As an example pipeline I will show wordcount on a few books of Shakespeare.


Use App Engine CRON to launch Google DataFlow pipeline written in Apache Beam Python SDK. Link to github: https://github.com/marrrcin/python-beam-dataflow-cron


  • Python 2.7.12+
  • Apache Beam SDK for Python 2.0.0
  • Google Cloud Platform account to run the pipeline in DataFlow and store results in Cloud Storage
  • Google Cloud SDK for Python
  • basic knowledge of Apache Beam

The pipeline

The idea behind wordcount pipeline in Apache Beam is simple - actually it’s almost the same as for MapReduce, but simpler in the implementation, because of the Apache Beam capabilities and expressiveness:

  1. read all input files
  2. tokenize the text
  3. for every token, emit tuple (word, 1) - mapping phase
  4. group tuples by word
  5. sum values for every group - aggregation phase
  6. format and save output

Pipeline implementation

Here is python code for the pipeline described above. Comments and code explanation is below.

from __future__ import print_function, absolute_import
import apache_beam as beam
from apache_beam.io import ReadFromText
from apache_beam.io import WriteToText
import logging

class FindWords(beam.DoFn):
    def process(self, element):
        import re as regex
        return regex.findall(r"[A-Za-z\']+", element)

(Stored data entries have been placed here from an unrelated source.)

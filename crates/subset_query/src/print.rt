// The printed form of a query.
ghost use Rattle.std.specs.Prelude.{◌≡◌, ◌++◌, ℕ, IfOk, OnOk, List as Listed, codes};
ghost use Rattle.std.specs.List.{flat_map};
ghost use Rattle.std.specs.String.{string_bytes};
ghost use Rattle.std.specs.Fmt.{signed_decimal};
ghost use Rattle.hex.specs.Hex.{encode_lower};
ghost use Rattle.subset_query.specs.Printed.{is_whole, span_text, spans_line, set_line, set_lines, shown_text, label_line, item_line, order_line, printed_form};

use crate::form::{ColumnSet, Normal};
use cite_schema::{ByteText, Dir, Item, List, NoMemory, Shown};
use interval_normal::{Point, Set, Span};
use std::alloc::Global;

impl Normal {
    /// The printed form: lines of ASCII text, with numbers in decimal and texts in lower-case hexadecimal. A column whose
    /// set is full has no line. The lines are written into one growing buffer.
    pub fn print(&self, alloc: Global) -> Result<ByteText, NoMemory>
        ensures { IfOk result (λ text. text ≡ printed_form self.now) }
    {
        let text = match self {
            Normal::Nothing { labels } => labels_text(alloc, labels.as_slice())?,
            Normal::Some { sets, items, order } => parts_text(
                alloc,
                sets.as_slice(),
                items.as_slice(),
                order.as_slice(),
            )?,
        };
        Ok(List::from_vec(text.into_bytes()))
    }
}

/// Points that have a spelling.
trait Spelled: Point {
    ghost spelling: { Self → Listed ℕ };

    fn spell(&self, alloc: Global) -> Result<String, NoMemory>
        ensures { IfOk result (λ text. string_bytes text ≡ spelling self.now) };
}

impl Spelled for i64 {
    ghost spelling = { signed_decimal };

    fn spell(&self, alloc: Global) -> Result<String, NoMemory> {
        let number = *self;
        Ok(format!(in alloc; "{number}")?)
    }
}

impl Spelled for ByteText {
    ghost spelling = { encode_lower };

    fn spell(&self, alloc: Global) -> Result<String, NoMemory> {
        Ok(hex::encode(alloc, self.as_slice())?)
    }
}

fn labels_text(alloc: Global, labels: &[ByteText]) -> Result<String, NoMemory>
    ensures { IfOk result (λ text. string_bytes text ≡ codes "none\n" ++ flat_map label_line labels.now) }
{
    let mut out = String::new(alloc);
    out.push_str("none\n")?;
    for label in labels {
        write_label(alloc, &mut out, label)?;
    }
    Ok(out)
}

fn parts_text(
    alloc: Global,
    sets: &[ColumnSet],
    items: &[Item],
    order: &[Dir],
) -> Result<String, NoMemory>
    ensures { IfOk result (λ text. string_bytes text ≡ codes "some\n" ++ (set_lines 0 sets.now ++ (flat_map item_line items.now ++ flat_map order_line order.now))) }
{
    let mut out = String::new(alloc);
    out.push_str("some\n")?;
    write_sets(alloc, &mut out, sets)?;
    write_items(alloc, &mut out, items)?;
    write_order(&mut out, order)?;
    Ok(out)
}

fn write_sets(alloc: Global, out: &mut String, sets: &[ColumnSet]) -> Result<(), NoMemory>
    ensures { OnOk result (string_bytes out.new ≡ string_bytes out.old ++ set_lines 0 sets.now) }
{
    for i in 0..sets.len() {
        write_set(alloc, out, i, &sets[i])?;
    }
    Ok(())
}

fn write_set(
    alloc: Global,
    out: &mut String,
    column: usize,
    set: &ColumnSet,
) -> Result<(), NoMemory>
    ensures { OnOk result (string_bytes out.new ≡ string_bytes out.old ++ set_line column set.now) }
{
    match set {
        ColumnSet::Ints(numbers) => write_spans(alloc, out, column, numbers),
        ColumnSet::Texts(texts) => write_spans(alloc, out, column, texts),
    }
}

fn write_spans<P: Spelled>(
    alloc: Global,
    out: &mut String,
    column: usize,
    set: &Set<P>,
) -> Result<(), NoMemory>
    ensures { OnOk result (string_bytes out.new ≡ string_bytes out.old ++ spans_line P.cmp P.bottom P.spelling column set.now) }
{
    if is_whole(alloc, set)? {
        return Ok(());
    }
    write!(out, "column {column}")?;
    for span in set.spans().as_slice() {
        write_span(alloc, out, span)?;
    }
    out.push_str("\n")?;
    Ok(())
}

fn is_whole<P: Point>(alloc: Global, set: &Set<P>) -> Result<bool, NoMemory>
    ensures { IfOk result (λ whole. whole ≡ is_whole P.cmp P.bottom set.now) }
{
    // That its list is canonical is known once it was looked at.
    let _spans = set.spans();
    let full = set.is_full(alloc)?;
    Ok(full)
}

fn write_span<P: Spelled>(alloc: Global, out: &mut String, span: &Span<P>) -> Result<(), NoMemory>
    ensures { OnOk result (string_bytes out.new ≡ string_bytes out.old ++ span_text P.spelling span.now) }
{
    let low = span.low.spell(alloc)?;
    match &span.high {
        Some(high) => {
            let high = high.spell(alloc)?;
            write!(out, " [{low},{high})")?;
            Ok(())
        }
        None => {
            write!(out, " [{low},none)")?;
            Ok(())
        }
    }
}

fn write_items(alloc: Global, out: &mut String, items: &[Item]) -> Result<(), NoMemory>
    ensures { OnOk result (string_bytes out.new ≡ string_bytes out.old ++ flat_map item_line items.now) }
{
    for item in items {
        write_item(alloc, out, item)?;
    }
    Ok(())
}

fn write_item(alloc: Global, out: &mut String, item: &Item) -> Result<(), NoMemory>
    ensures { OnOk result (string_bytes out.new ≡ string_bytes out.old ++ item_line item.now) }
{
    out.push_str("item ")?;
    write_shown(alloc, out, &item.what)?;
    out.push_str(" ")?;
    write_label(alloc, out, &item.label)
}

fn write_shown(alloc: Global, out: &mut String, shown: &Shown) -> Result<(), NoMemory>
    ensures { OnOk result (string_bytes out.new ≡ string_bytes out.old ++ shown_text shown.now) }
{
    match shown {
        Shown::Column(column) => {
            let column = *column;
            write!(out, "column {column}")?;
            Ok(())
        }
        Shown::Constant(text) => write_constant(alloc, out, text),
    }
}

fn write_constant(alloc: Global, out: &mut String, text: &ByteText) -> Result<(), NoMemory>
    ensures { OnOk result (string_bytes out.new ≡ string_bytes out.old ++ (codes "constant " ++ encode_lower text.now)) }
{
    let text = text.spell(alloc)?;
    write!(out, "constant {text}")?;
    Ok(())
}

fn write_label(alloc: Global, out: &mut String, label: &ByteText) -> Result<(), NoMemory>
    ensures { OnOk result (string_bytes out.new ≡ string_bytes out.old ++ label_line label.now) }
{
    let text = label.spell(alloc)?;
    write!(out, "label {text}\n")?;
    Ok(())
}

fn write_order(out: &mut String, order: &[Dir]) -> Result<(), NoMemory>
    ensures { OnOk result (string_bytes out.new ≡ string_bytes out.old ++ flat_map order_line order.now) }
{
    for along in order {
        write_direction(out, along)?;
    }
    Ok(())
}

fn write_direction(out: &mut String, along: &Dir) -> Result<(), NoMemory>
    ensures { OnOk result (string_bytes out.new ≡ string_bytes out.old ++ order_line along.now) }
{
    let column = along.column;
    if along.down {
        write!(out, "order {column} desc\n")?;
    } else {
        write!(out, "order {column} asc\n")?;
    }
    Ok(())
}

#[cfg(test)]
mod tests;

class CountWordsTransform(beam.PTransform):
    def expand(self, p_collection):
        # p_collection is collection of loaded lines
        return (p_collection
                | "Find words" >> (beam.ParDo(FindWords()).with_input_types(unicode))
                | "Pair With One" >> beam.Map(lambda word: (word, 1))
                | "Group By" >> beam.GroupByKey()
                | "Aggregate Groups" >> beam.Map(lambda (word, ones): (word, sum(ones))))

def run():
    import time
    gcs_path = "gs://marcin-playground/dataflow"
    pipeline =  beam.Pipeline(runner="DataflowRunner", argv=[
        "--project", "your-project-name",
        "--staging_location", ("%s/staging_location" % gcs_path),
        "--temp_location", ("%s/temp" % gcs_path),
        "--output", ("%s/output" % gcs_path),
        "--setup_file", "./setup.py"
     | "Load" >> ReadFromText("gs://marcin-playground/books/*.txt")
     | "Count Words" >> CountWordsTransform()
     | "Format Output" >> beam.Map(lambda (word, count): "{0}: {1}".format(word, count))
     | "Save" >> WriteToText("{0}/output/wordcount{1}".format(gcs_path, int(time.time())))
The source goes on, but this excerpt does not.